- Exercise:
Could you repeat, word for word, only the lines from the one containing "for (archive, other)" through the final line of the records below?

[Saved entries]
--
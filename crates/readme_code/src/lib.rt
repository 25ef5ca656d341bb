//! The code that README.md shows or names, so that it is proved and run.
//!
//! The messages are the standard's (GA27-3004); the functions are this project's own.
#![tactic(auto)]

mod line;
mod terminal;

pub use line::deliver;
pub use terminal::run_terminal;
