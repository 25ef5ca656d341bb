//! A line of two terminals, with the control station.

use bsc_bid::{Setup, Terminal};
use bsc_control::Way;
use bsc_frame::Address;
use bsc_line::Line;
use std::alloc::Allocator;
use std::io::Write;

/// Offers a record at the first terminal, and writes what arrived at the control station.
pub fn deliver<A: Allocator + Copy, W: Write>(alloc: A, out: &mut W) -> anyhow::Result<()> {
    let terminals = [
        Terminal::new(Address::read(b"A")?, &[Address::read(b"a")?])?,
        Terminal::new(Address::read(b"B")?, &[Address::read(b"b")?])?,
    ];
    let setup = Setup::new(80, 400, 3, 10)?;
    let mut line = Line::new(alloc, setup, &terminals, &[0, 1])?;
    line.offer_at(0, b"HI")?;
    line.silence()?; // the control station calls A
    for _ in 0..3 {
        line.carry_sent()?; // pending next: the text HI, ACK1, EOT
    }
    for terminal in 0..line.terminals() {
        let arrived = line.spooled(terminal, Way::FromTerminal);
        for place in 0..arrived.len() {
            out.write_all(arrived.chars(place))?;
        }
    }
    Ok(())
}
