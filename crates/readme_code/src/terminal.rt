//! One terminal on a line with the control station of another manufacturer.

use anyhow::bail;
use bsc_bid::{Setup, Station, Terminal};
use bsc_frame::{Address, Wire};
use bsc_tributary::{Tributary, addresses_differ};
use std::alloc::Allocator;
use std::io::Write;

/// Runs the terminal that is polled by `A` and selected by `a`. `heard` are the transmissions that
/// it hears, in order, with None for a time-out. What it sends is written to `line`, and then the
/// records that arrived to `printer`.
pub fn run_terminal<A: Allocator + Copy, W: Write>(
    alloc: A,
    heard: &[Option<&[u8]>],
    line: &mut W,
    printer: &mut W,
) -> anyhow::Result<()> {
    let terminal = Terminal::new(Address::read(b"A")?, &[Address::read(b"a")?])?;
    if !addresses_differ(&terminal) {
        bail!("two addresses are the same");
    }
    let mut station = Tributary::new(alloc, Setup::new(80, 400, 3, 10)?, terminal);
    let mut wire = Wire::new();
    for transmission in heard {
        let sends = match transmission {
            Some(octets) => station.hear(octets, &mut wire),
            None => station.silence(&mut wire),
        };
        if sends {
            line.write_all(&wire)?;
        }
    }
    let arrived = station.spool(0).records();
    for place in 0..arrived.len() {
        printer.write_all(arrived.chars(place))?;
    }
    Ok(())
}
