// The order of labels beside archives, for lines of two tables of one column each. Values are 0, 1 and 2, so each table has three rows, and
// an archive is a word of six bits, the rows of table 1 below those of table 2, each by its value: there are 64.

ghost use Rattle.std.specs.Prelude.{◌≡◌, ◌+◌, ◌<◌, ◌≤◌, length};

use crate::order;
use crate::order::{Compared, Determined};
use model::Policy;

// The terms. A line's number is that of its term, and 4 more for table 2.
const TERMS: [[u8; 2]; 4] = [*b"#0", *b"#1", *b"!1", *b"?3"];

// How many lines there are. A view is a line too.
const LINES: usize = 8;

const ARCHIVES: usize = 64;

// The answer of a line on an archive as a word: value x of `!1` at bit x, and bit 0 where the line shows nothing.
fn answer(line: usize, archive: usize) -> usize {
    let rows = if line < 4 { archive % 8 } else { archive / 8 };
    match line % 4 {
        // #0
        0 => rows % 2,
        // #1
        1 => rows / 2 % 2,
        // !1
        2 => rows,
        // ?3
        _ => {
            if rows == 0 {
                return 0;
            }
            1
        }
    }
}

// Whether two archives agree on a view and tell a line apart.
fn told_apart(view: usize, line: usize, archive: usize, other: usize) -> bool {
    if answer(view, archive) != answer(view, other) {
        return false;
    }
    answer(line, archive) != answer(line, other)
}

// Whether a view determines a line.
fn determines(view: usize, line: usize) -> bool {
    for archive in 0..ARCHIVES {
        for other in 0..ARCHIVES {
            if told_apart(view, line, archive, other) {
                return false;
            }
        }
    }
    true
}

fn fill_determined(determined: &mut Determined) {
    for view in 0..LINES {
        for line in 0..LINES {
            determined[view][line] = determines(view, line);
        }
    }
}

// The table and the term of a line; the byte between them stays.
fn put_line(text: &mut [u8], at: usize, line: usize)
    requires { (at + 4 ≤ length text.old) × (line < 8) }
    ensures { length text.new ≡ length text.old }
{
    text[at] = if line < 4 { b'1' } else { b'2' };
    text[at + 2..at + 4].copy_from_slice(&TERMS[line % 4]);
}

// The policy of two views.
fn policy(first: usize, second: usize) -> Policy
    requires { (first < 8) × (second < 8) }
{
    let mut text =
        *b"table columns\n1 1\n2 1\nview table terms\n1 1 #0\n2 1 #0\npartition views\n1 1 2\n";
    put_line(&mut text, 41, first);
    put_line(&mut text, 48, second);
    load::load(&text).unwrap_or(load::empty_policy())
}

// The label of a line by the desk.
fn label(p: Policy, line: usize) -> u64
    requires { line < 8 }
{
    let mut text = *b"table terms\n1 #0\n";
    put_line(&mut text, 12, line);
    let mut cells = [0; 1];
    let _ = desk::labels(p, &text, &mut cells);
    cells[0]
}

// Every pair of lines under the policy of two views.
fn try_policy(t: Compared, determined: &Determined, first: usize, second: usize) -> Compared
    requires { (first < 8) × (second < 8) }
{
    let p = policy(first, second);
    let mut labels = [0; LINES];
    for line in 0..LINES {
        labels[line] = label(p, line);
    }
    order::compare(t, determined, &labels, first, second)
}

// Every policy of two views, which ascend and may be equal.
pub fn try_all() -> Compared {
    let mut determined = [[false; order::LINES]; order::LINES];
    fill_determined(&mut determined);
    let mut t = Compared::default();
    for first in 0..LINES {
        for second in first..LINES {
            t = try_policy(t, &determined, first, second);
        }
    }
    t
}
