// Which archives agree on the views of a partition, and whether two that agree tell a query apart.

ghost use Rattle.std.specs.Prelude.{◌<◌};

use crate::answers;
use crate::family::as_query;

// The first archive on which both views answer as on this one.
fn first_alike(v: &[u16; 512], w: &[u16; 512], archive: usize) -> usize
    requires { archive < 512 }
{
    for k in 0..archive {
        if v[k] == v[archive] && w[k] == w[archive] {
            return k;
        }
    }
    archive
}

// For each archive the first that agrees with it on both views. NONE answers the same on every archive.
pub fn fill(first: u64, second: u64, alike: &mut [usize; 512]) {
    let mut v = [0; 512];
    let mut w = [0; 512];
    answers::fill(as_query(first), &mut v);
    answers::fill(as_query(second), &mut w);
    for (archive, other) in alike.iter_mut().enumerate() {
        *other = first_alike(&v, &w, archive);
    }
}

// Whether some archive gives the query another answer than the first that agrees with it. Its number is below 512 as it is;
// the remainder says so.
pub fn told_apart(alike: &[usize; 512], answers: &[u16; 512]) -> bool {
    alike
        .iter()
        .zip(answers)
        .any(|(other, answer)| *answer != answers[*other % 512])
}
--
- Answer box:
    for (archive, other) in alike.iter_mut().enumerate() {
        *other = first_alike(&v, &w, archive);
    }
}

// Whether some archive gives the query another answer than the first that agrees with it. Its number is below 512 as it is;
// the remainder says so.
pub fn told_apart(alike: &[usize; 512], answers: &[u16; 512]) -> bool {
    alike
        .iter()
        .zip(answers)
        .any(|(other, answer)| *answer != answers[*other % 512])
}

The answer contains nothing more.